__WORK REQUEST__. Where the word "CStructs" occurs in a line of the listing below, copy that line.
□ □ □
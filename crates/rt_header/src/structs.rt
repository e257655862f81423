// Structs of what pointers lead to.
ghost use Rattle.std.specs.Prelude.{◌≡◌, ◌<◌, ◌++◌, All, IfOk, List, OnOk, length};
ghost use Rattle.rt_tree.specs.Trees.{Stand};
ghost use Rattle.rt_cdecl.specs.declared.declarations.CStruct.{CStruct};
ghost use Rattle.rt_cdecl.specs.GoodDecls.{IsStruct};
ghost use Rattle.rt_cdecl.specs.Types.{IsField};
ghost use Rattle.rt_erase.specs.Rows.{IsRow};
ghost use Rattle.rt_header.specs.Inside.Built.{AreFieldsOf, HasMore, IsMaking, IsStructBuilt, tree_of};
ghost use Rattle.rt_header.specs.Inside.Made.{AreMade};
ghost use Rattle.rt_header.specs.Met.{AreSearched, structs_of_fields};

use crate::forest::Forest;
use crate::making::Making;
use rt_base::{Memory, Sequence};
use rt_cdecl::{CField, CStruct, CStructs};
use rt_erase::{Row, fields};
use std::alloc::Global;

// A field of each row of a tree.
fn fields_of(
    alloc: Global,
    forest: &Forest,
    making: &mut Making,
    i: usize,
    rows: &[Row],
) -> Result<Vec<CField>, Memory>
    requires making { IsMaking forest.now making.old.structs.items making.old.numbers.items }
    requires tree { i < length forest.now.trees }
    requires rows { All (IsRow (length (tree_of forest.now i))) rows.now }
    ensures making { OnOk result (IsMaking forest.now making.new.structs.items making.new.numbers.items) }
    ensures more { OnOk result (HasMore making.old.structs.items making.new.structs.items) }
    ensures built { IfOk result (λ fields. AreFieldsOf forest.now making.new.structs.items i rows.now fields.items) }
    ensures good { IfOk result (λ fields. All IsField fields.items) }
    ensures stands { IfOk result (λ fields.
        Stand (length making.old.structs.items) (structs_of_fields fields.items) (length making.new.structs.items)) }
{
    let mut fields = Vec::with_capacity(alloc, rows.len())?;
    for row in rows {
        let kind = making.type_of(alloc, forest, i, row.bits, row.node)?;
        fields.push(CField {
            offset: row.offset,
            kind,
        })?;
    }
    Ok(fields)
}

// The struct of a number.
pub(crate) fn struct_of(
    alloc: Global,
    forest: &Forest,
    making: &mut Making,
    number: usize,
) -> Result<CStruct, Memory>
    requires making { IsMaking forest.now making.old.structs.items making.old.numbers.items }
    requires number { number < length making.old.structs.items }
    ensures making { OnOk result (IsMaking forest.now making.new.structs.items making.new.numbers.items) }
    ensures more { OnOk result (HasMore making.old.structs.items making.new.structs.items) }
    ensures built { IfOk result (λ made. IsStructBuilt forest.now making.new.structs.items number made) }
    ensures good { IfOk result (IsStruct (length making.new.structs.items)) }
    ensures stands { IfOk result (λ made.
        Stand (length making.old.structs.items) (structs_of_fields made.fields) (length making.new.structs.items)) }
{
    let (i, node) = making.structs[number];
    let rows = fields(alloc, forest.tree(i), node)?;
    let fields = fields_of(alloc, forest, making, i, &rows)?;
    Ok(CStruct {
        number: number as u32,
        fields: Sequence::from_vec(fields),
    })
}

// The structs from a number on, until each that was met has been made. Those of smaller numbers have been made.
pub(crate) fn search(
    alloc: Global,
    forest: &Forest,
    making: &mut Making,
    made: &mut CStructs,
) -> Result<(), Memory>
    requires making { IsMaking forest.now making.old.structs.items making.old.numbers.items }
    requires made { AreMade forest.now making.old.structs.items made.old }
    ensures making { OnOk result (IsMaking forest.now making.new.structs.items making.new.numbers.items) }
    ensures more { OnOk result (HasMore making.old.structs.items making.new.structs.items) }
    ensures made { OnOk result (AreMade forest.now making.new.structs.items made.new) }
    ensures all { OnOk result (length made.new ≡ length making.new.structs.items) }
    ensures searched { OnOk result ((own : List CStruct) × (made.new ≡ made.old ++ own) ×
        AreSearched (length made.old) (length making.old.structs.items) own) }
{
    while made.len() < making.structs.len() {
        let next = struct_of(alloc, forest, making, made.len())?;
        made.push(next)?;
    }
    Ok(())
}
□ □ □
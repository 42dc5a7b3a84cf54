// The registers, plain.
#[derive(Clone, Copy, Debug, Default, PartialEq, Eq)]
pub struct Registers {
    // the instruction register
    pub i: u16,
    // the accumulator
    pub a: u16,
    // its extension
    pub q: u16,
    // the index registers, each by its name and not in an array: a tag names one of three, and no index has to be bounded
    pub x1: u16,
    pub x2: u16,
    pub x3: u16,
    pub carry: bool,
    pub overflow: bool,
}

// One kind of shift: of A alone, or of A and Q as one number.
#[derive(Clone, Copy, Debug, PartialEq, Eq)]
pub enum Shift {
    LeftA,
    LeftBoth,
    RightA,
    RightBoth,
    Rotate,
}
□ □ □
__ANSWER BELOW__.
use rt_cdecl::{CField, CStruct, CStructs};
    made: &mut CStructs,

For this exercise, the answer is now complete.